DIRECTIONS
Reproduce the records below; each should match the original exactly.

******************************

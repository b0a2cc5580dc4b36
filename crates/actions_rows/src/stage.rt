use actions_meanings::Which;
use logs_updates::See;
use names_terms::Operators;
use states_core::Partial;

/// What an action is walked over: what is taken apart, Init or an action; the definitions and how many variables there are; the state before; and
/// what is seen of the state that is made. Init is walked over that state alone.
#[derive(Clone, Copy, Drop)]
pub struct Stage<'a> {
    pub which: Which,
    pub variables: usize,
    pub operators: &'a Operators,
    pub state: &'a Partial,
    pub sees: &'a [See],
}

******************************

RESULT FOR THIS EXERCISE
repository b0a2cc5580dc4b36
filename crates/actions_rows/src/stage.rt
use actions_meanings::Which;
use logs_updates::See;
use names_terms::Operators;
use states_core::Partial;

/// What an action is walked over: what is taken apart, Init or an action; the definitions and how many variables there are; the state before; and
/// what is seen of the state that is made. Init is walked over that state alone.
#[derive(Clone, Copy, Drop)]
pub struct Stage<'a> {
    pub which: Which,
    pub variables: usize,
    pub operators: &'a Operators,
    pub state: &'a Partial,
    pub sees: &'a [See],
}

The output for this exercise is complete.